_Task instructions_
Below is some data. Retype exactly the lines starting at the one with "offers a draw." and ending at the one with "the fifty-move rule.".

---------- Material to process ----------

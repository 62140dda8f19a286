ghost use Rattle.entries.specs.Ranges.{IsAction};

use board::Move;

/// What a player may do in a game of his.
#[derive(Debug, Clone, Copy, PartialEq, Eq)]
pub enum Action {
    /// He makes a move.
    Move(Move),
    /// He gives the game up.
    Resign,
    /// He offers a draw.
    Offer,
    /// He accepts the draw that the other player offers.
    Accept,
    /// He declines the draw that the other player offers.
    Decline,
    /// He claims a draw, by threefold repetition or by the fifty-move rule.
    Claim,
    /// He plays on without increment, and with half of his time where it is long enough, for a further point if he wins a
    /// game that is long enough.
    Berserk,
}

impl Action {
    /// Says to a caller what every action keeps, that a move can be named, and does nothing.
    pub fn keeps(&self)
        ensures { IsAction self.now }
    {
        match self {
            Action::Move(m) => m.keeps(),
            Action::Resign
            | Action::Offer
            | Action::Accept
            | Action::Decline
            | Action::Claim
            | Action::Berserk => {}
        }
    }
}
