use crate::action::Action;
use crate::setup::Setup;
use conn::List;

/// What an entry of a journal did. A number names a player by his place in the setup, from 0, and a game by how many games were
/// begun before it.
#[derive(Debug, Clone, Copy, PartialEq, Eq)]
pub enum What {
    /// The player entered.
    Enter(u32),
    /// The player paused, and may enter again.
    Pause(u32),
    /// The player left for good.
    Leave(u32),
    /// The player acted in the game, which is named behind him.
    Act(u32, u32, Action),
    /// The clocks were looked at, and every game that was due ended.
    Tick,
    /// A wave was started, of the plan of so many first entries.
    Wave(u64),
}

/// One event of an arena.
#[derive(Debug, Clone, Copy, PartialEq, Eq)]
pub struct Entry {
    /// Milliseconds since the arena's clock began, at most 1,000,000,000 in a journal's text. In a legal journal it is not
    /// below that of the entry before.
    pub stamp: u64,
    /// The number of the pass that made the entry, at most 255 in a journal's text.
    pub pass: u32,
    pub what: What,
}

/// A game that was started: the number of the wave's entry, from 0, and the two players.
#[derive(Debug, Clone, Copy, PartialEq, Eq)]
pub struct Start {
    pub entry: u64,
    pub white: u32,
    pub black: u32,
}

/// An arena's setup and all that happened in it, in order.
#[derive(Debug, Drop)]
pub struct Journal {
    pub setup: Setup,
    /// Of which version its text is: 1, which is under the first pairing rule and lists no games, or 2, which lists the games of
    /// each wave.
    pub version: u32,
    pub entries: List<Entry>,
    /// In version 2 the games that the waves started, in order; in version 1 none.
    pub starts: List<Start>,
}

----------

_Answer section_
    /// He offers a draw.
    Offer,
    /// He accepts the draw that the other player offers.
    Accept,
    /// He declines the draw that the other player offers.
    Decline,
    /// He claims a draw, by threefold repetition or by the fifty-move rule.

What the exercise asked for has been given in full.